Tested with: Version: 24.2.0.0.alpha0+ (X86_64) / LibreOffice Community Build ID: 609a1567d0e60ca11800df56059b97b6a61ad117 CPU threads: 8; OS: Linux 5.15; UI render: default; VCL: gtk3 Locale: en-AU (en_AU.UTF-8); UI: en-US Calc: threaded - In Evince/GNOME Document Viewer: the odd characters only appear when I select the text in the PDF. When copied from Evince, the paste is fine and pastes the numbers without the special triplet formatting. - In Okular: no odd characters in PDF, nor when selecting. Paste is same as Evince: correct digits without triplet formatting. - In Firefox: copying and pasting does result in odd characters and duplicated digits: 0123161 Copy-pasted from a PDF created with LO 6.0 (same in Evince, Okular, Firefox): 0112314461777 In OOo 3.3, the spacing wasn't there in LO nor in export, but pasting would be true to the original. In summary: the situation has improved over previous version in that the copy-paste only misses the spacing, and the missing characters / duplicated digits issue seems to be PDF reader-dependent. Khaled, what is your take on this?
Copying from Adobe Reader, I get: 012345 6789 (no funny characters, but there an extra space which is not surprising as many PDF readers will interpret a large gap between glyphs as space even if the PDF does not have a space character there) If I use pdftotext, I get: 0123456789 The number grouping is a “feature” of Linux Libertine G font, but it is done in a very odd way that affects PDF export. $ hb-shape LinBiolinum_R_G.ttf "0123456789" --no-positions [zero=0|uni202F=1|one=1|two=2|three=3|uni202F=4|four=4|five=4|six=6|uni202F=7|seven=7|eight=7|nine=7] (the text before equal sign is the glyph name, and the number after it is the index of the input string corresponding to this character) The font output zero fine, no funny business. Then it outputs the glyph for NNBSP then glyph for one and gives both the same input string index, then two and three normally, then NNBSP, four and five and gives all the three of them the same input string index, then six normally, then NNBSP, seven, eight and nine and gives the four of them the same input string index. This funny business with input string index leads us to group the output as the following mapping between glyphs and input characters: zero => "0" uni202F,one => "1" two => "2" three => "3" uni202F,four,five => "45" six => "6" uni202F,seven,eight,nine => "789" This mapping of multiple glyphs to multiple input characters is problematic in PDF for text extraction, since PDF can represent only one glyph to one character or one glyph ti multiple characters mapping. To keep the text copy-able we have to resent to tagging the problematic glyph groups using /ActualText spans, and not all PDF viewers support this. So this a combination of oddly built font and buggy PDF viewers, we are doing our best and there is not much we can do about this.

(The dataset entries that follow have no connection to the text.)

//! Whether zones can be mounted, clause by clause.

ghost use Rattle.std.specs.Prelude.{◌≡◌, ◌↔◌, ◌<◌, ◌^◌, ℕ, count_by, true, IfOk, IsTrue};
ghost use Rattle.std.specs.List.{AllByRecursion};
ghost use Rattle.zone_states.specs.Geometry.{IsInRange};
ghost use Rattle.drive_port.specs.Contents.{is_active_usage, is_usable, usage_of};
ghost use Rattle.yardsticks.specs.Batches.{batch_of};
ghost use Rattle.drive_array.specs.Mountable.{AreMountable, AreSound, IsInside, is_partly_written};
ghost use Rattle.yardsticks.specs.Zones.{AreOfDisk, HasWholeBlocks, image_content, image_contents, held_logs};

use crate::batches::Batch;
use crate::logs::{ZoneImage, zone_logs};
use crate::repair::can_repair;
use crate::sequences::{are_below, are_distinct, sequences};
use crate::sizes::encoded_size;
use crate::spare::{clear, has_spare};
use batch_log::Entry;
use nvme_wire::ZoneState;
use std::alloc::{AllocError, Global};
use zone_choice::fits_reserve;
use zone_states::Geometry;

fn is_usable(state: ZoneState) -> bool
    ensures { result ≡ is_usable (usage_of state) }
{
    match state {
        ZoneState::ReadOnly | ZoneState::Offline => false,
        _ => true,
    }
}

fn are_usable(zones: &[ZoneImage]) -> bool
    ensures { IsTrue result
        ↔ AllByRecursion (λ zone. is_usable (usage_of zone.state) ≡ true) zones.now }
{
    zones.iter().all(|zone| is_usable(zone.state))
}

fn is_active(state: ZoneState) -> bool
    ensures { result ≡ is_active_usage (usage_of state) }
{
    match state {
        ZoneState::ImplicitlyOpened | ZoneState::ExplicitlyOpened | ZoneState::Closed => true,
        _ => false,
    }
}

fn is_partly_written(zone: &ZoneImage) -> bool
    ensures { result ≡ is_partly_written (image_content zone.now) }
{
    is_active(zone.state) && !zone.blocks.is_empty()
}

/// How many zones are partly written.
fn partly_written(zones: &[ZoneImage]) -> usize
    ensures { result ≡ count_by is_partly_written (image_contents zones.now) }
{
    let mut count = 0;
    for zone in zones {
        if is_partly_written(zone) {
            count += 1;
        }
    }
    count
}

fn is_inside(entries: &[Entry], size: u32) -> bool
    ensures { IsTrue result ↔ AllByRecursion (λ e. e.block < size) entries.now }
{
    entries.iter().all(|entry| entry.block < size as u64)
}

fn is_log_inside(log: &[Batch], size: u32) -> bool
    ensures { IsTrue result ↔ AllByRecursion (λ batch. IsInside size (batch_of batch)) log.now }
{
    log.iter()
        .all(|batch| is_inside(&batch.header.entries, size))
}

fn are_inside(logs: &[Vec<Batch>], size: u32) -> bool
    ensures { IsTrue result
        ↔ AllByRecursion
        (λ log. AllByRecursion (λ batch. IsInside size (batch_of batch)) log.items) logs.now }
{
    logs.iter().all(|log| is_log_inside(log, size))
}

fn are_sound(alloc: Global, n: u32, logs: &[Vec<Batch>]) -> Result<bool, AllocError>
    ensures { let all = held_logs logs.now in
        IfOk result (λ b. IsTrue b ↔ AreSound (2 ^ 63) n all) }
{
    let numbers = sequences(alloc, logs)?;
    if !are_below(&numbers, 1 << 63) {
        return Ok(false);
    }
    if !are_distinct(&numbers) {
        return Ok(false);
    }
    Ok(are_inside(logs, encoded_size(n, logs, None)))
}

/// Whether the logs are sound, the reserve allows their size, and a zone is vacant or half clean.
fn are_of_disk(
    alloc: Global,
    geometry: &Geometry,
    n: u32,
    logs: &[Vec<Batch>],
) -> Result<bool, AllocError>
    requires { IsInRange geometry.now }
    ensures { let all = held_logs logs.now in
        IfOk result (λ b. IsTrue b ↔ AreOfDisk geometry.now n all) }
{
    if !are_sound(alloc, n, logs)? {
        return Ok(false);
    }
    if !fits_reserve(geometry, encoded_size(n, logs, None) as u64) {
        return Ok(false);
    }
    has_spare(alloc, geometry.block as usize, n, logs)
}

/// Whether the zones can be mounted, as `n` blocks if no header has a size. The geometry is one that
/// `check` admits, and each block has its number of bytes.
pub fn is_mountable(
    alloc: Global,
    geometry: &Geometry,
    zones: &[ZoneImage],
    n: u32,
) -> Result<bool, AllocError>
    requires geometry { IsInRange geometry.now }
    requires whole { AllByRecursion (HasWholeBlocks geometry.now.block) zones.now }
    ensures { IfOk result (λ b. IsTrue b ↔ AreMountable geometry.now (image_contents zones.now) n) }
{
    if !are_usable(zones) {
        return Ok(false);
    }
    if partly_written(zones) > 2 {
        return Ok(false);
    }
    let Some(mut drive) = zone_logs(alloc, geometry, zones)? else {
        return Ok(false);
    };
    if !are_of_disk(alloc, geometry, n, &drive.logs)? {
        return Ok(false);
    }
    let size = encoded_size(n, &drive.logs, None);
    clear(alloc, geometry.block as usize, n, &mut drive.logs)?;
    can_repair(alloc, geometry, size, &drive.logs, &drive.tails)
}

(In reply to Stéphane Guillou (stragu) from comment #4) > In OOo 3.3, the spacing wasn't there in LO nor in export, but pasting would > be true to the original. This is a Graphite font, so either you are not using the same font or that version of OOo is not Graphite-enabled.
Lets see of we can fix the font.
No progress on the font front, I couldn’t get its sources to build no matter what I tried. Closing again until someone figures out how to fix the font.